Check those smirks. This doesn’t concern a certain less-than-reputable industry (banking $100 billion+ annually) or Japan’s general proclivity for weirdness. Actually, the ability to simulate the tactile sensation of soft breast tissue could have important medical applications.
And for students learning the proper way to palpate breasts for lumps, this could be a literal lifesaver.
We’ve seen big advances in haptics over the last decade or so, but as IEEE points out, simulating soft tactile sensations remains extraordinarily difficult. Last week at SID, Tianma NLT demonstrated an LCD prototype incorporating their proprietary tactile touch technology — electrical vibrations simulate a rough texture onscreen — but even taking into account the different contexts (and how cool it actually was), it was a far cry from soft human flesh.
Researchers at Gifu University in Japan took a more hands-on approach — so to speak — with their “multi-fingered haptic interface robot”, which looks like a cross between a medical instrument and the overly complicated motion-sense device Tom Cruise uses in Minority Report.

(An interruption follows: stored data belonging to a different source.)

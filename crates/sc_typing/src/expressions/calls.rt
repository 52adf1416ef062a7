//! Calls: what is judged at the target and at the name (ECMA-367, 8.7, 8.22 and 8.23).

ghost use Rattle.std.specs.Prelude.{◌≡◌, ◌&&◌, map, not};
ghost use Rattle.std.specs.Option.{option_map};
ghost use Rattle.sc_tree.specs.Plain as plain;
ghost use Rattle.sc_tree.specs.View.{target_of};
ghost use Rattle.sc_class.specs.View.{entry_of};
ghost use Rattle.sc_rules.specs.Names as names;
ghost use Rattle.sc_rules.specs.Typing as spec;
ghost use Rattle.sc_rules.specs.Judging as judging;
ghost use Rattle.sc_typing.specs.Views.{routine_in, formals_in, actual_in, meaning_in, signature_in, typing_of};
ghost use Rattle.sc_class.specs.SystemIn.{system_in};
ghost use Rattle.sc_typing.specs.Judges as judges;
ghost use Rattle.sc_typing.specs.Judges.{Judges, Passes};

use crate::declarations::types::is_controlled_tag;
use crate::expressions::actuals::count;
use crate::expressions::positions::wants_pure;
use crate::expressions::typing::{JudgedActual, Typing, is_either_separate, is_foreign_type};
use crate::fault::{CheckFault, refusal, required};
use crate::routine_context::{Formals, Meaning, RoutineContext, Signature};
use sc_class::FeatureEntry;
use sc_rules::entity_types::EntityType;
use sc_rules::{Context, Rule, Use};
use sc_text::Span;
use sc_tree::Expr;

/// A target that has a type is attached and controlled.
fn judge_target(span: Span, target: Option<EntityType>) -> Result<(), CheckFault>
    ensures { Passes (judging.judge_target span target) result }
{
    match target {
        None => Ok(()),
        Some(target) => {
            required(target.attached, Rule::TargetDetachable, span)?;
            required(
                is_controlled_tag(target.tag),
                Rule::TargetUncontrolled,
                span,
            )
        }
    }
}

/// What is found of a target, as what is called sees it: a call on one that isn't of the current handler is separate.
pub fn judge_receiver(span: Span, target: Typing) -> Result<Typing, CheckFault>
    ensures { Judges typing_of (judges.judge_received span (typing_of target)) result }
{
    judge_target(span, target.entity_type)?;
    Ok(Typing {
        entity_type: target.entity_type,
        is_separate: is_either_separate(target.is_separate, is_foreign_type(target.entity_type)),
    })
}

/// A query is a value, a procedure an instruction.
fn judge_use(
    usage: Use,
    gives: Option<Option<EntityType>>,
    span: Span,
) -> Result<Option<EntityType>, CheckFault>
    ensures { Judges (λ t. t) (judging.judge_use usage gives span) result }
{
    match usage {
        Use::Value => match gives {
            None => Err(refusal(Rule::ResultType, span)),
            Some(given) => Ok(given),
        },
        Use::Instruction => match gives {
            None => Ok(None),
            Some(_) => Err(refusal(Rule::ResultType, span)),
        },
    }
}

/// Whether there is a target before a dot.
fn is_qualified(target: &Option<Box<Expr>>) -> bool
    ensures { result ≡ names.is_qualified (target_of target.now) }
{
    match target {
        None => false,
        Some(_) => true,
    }
}

/// Whether a feature may be called there: on a target a secret one may not.
fn is_exported_to(target: &Option<Box<Expr>>, is_secret: bool) -> bool
    ensures { result ≡ not (names.is_qualified (target_of target.now) && is_secret) }
{
    !(is_qualified(target) && is_secret)
}

/// The place of a call, and how it is used.
#[derive(Drop)]
pub struct CallContext<'a> {
    pub context: Context,
    pub usage: Use,
    /// The target, if there is one before a dot.
    pub target: &'a Option<Box<Expr>>,
    /// The place of its name.
    pub span: Span,
}

/// The formals of what is called.
fn formals_of<'s>(meaning: &Meaning<'s>) -> Formals<'s>
    ensures { (s : plain.System) → formals_in s result ≡ judging.formals_of (meaning_in s meaning.now) }
{
    match meaning {
        Meaning::Unknown | Meaning::TargetUntyped => Formals::Declared(&[]),
        Meaning::Named(signature) => signature.formals,
    }
}

impl<'t, 's> RoutineContext<'t, 's> {
    /// The type of the target as what is called sees it.
    fn target_of(&self, meaning: &Meaning) -> EntityType
        ensures { (s : plain.System) → result ≡ judging.target_of (routine_in self.now) (meaning_in s meaning.now) }
    {
        match meaning {
            Meaning::Unknown | Meaning::TargetUntyped => self.current(),
            Meaning::Named(signature) => signature.target,
        }
    }

    /// Whether it may be called there: contracts, `check` and `old` call pure functions alone.
    #[tactic(auto, unfolding(sc_tree::specs::View::feature_of))]
    fn may_call(&self, context: Context, routine: Option<FeatureEntry>) -> bool
        ensures { result ≡ spec.may_call (routine_in self.now) context
            (option_map (λ e. names.routine_of (entry_of e)) routine.entry) }
    {
        match routine {
            None => true,
            Some(entry) => {
                !wants_pure(context)
                    || self
                        .purity
                        .is_pure(entry.class, entry.feature.name.as_str())
            }
        }
    }

    /// Judges the name of a call with this number of actuals, if it has this signature.
    fn judge_signature(
        &self,
        site: &CallContext,
        signature: &Signature,
        actuals: usize,
    ) -> Result<Option<EntityType>, CheckFault>
        ensures { Judges (λ t. t) (judging.judge_name (routine_in self.now) site.now.context site.now.usage
            (target_of site.now.target.now) (names.named (signature_in (system_in self.now.tables.now) signature.now))
            actuals site.now.span) result }
    {
        let span = site.span;
        required(actuals == count(signature.formals), Rule::WrongArity, span)?;
        let given = judge_use(site.usage, signature.gives, span)?;
        required(
            self.may_call(site.context, signature.routine),
            Rule::ImpureContract,
            span,
        )?;
        required(
            is_exported_to(site.target, signature.is_secret),
            Rule::NotExported,
            span,
        )?;
        Ok(given)
    }

    /// Judges the name of a call with this number of actuals.
    fn judge_name(
        &self,
        site: &CallContext,
        meaning: &Meaning,
        actuals: usize,
    ) -> Result<Option<EntityType>, CheckFault>
        ensures { Judges (λ t. t) (judging.judge_name (routine_in self.now) site.now.context site.now.usage
            (target_of site.now.target.now) (meaning_in (system_in self.now.tables.now) meaning.now) actuals
            site.now.span) result }
    {
        match meaning {
            Meaning::Unknown => Err(refusal(Rule::UnknownName, site.span)),
            Meaning::TargetUntyped => Ok(None),
            Meaning::Named(signature) => self.judge_signature(site, signature, actuals),
        }
    }

    /// Judges the actuals and the name of a call, where this is meant and its target is this receiver.
    pub fn judge_actuals_and_name(
        &self,
        site: &CallContext,
        meaning: &Meaning,
        found: &[JudgedActual],
        receiver: Typing,
    ) -> Result<Typing, CheckFault>
        ensures { Judges typing_of (judging.judge_actuals_and_name (routine_in self.now) site.now.context
            site.now.usage (target_of site.now.target.now) (meaning_in (system_in self.now.tables.now) meaning.now)
            site.now.span (map actual_in found.now) (typing_of receiver)) result }
    {
        let is_separate = self.judge_actuals(
            site.context,
            receiver.entity_type,
            self.target_of(meaning),
            formals_of(meaning),
            found,
        )?;
        let entity_type = self.judge_name(site, meaning, found.len())?;
        Ok(Typing {
            entity_type,
            is_separate: is_either_separate(receiver.is_separate, is_separate),
        })
    }
}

According to IEEE, conventional haptic devices convey softness by letting your finger move into the object before pulling it back like a rubber band. But this merely transmits force, not the sensation of soft touch. When the skin on our fingertips deforms, this generates “cutaneous signals”, which is what creates the actual sensation, and this is what the Japanese researchers strove to recreate.
Their robot uses hypergel – a thin flexible material similar to human flesh – connected to the fingertips, and when the devices “makes contact” with soft tissue, the gel “is stretched by two tiny rollers with a gap between them, so that a strip of gel is suspended in the air.”
Pulling the gel strip taut — increasing the tension — simulates a harder material, while loosening it creates a softer sensation.
The alternative — silicone models — is intrinsically limited, but the multi-fingered haptic interface robot allows students to check for lumps in different spots.
The possibilities are endless, but the most obvious application could prove most valuable – improving early detection of breast cancer.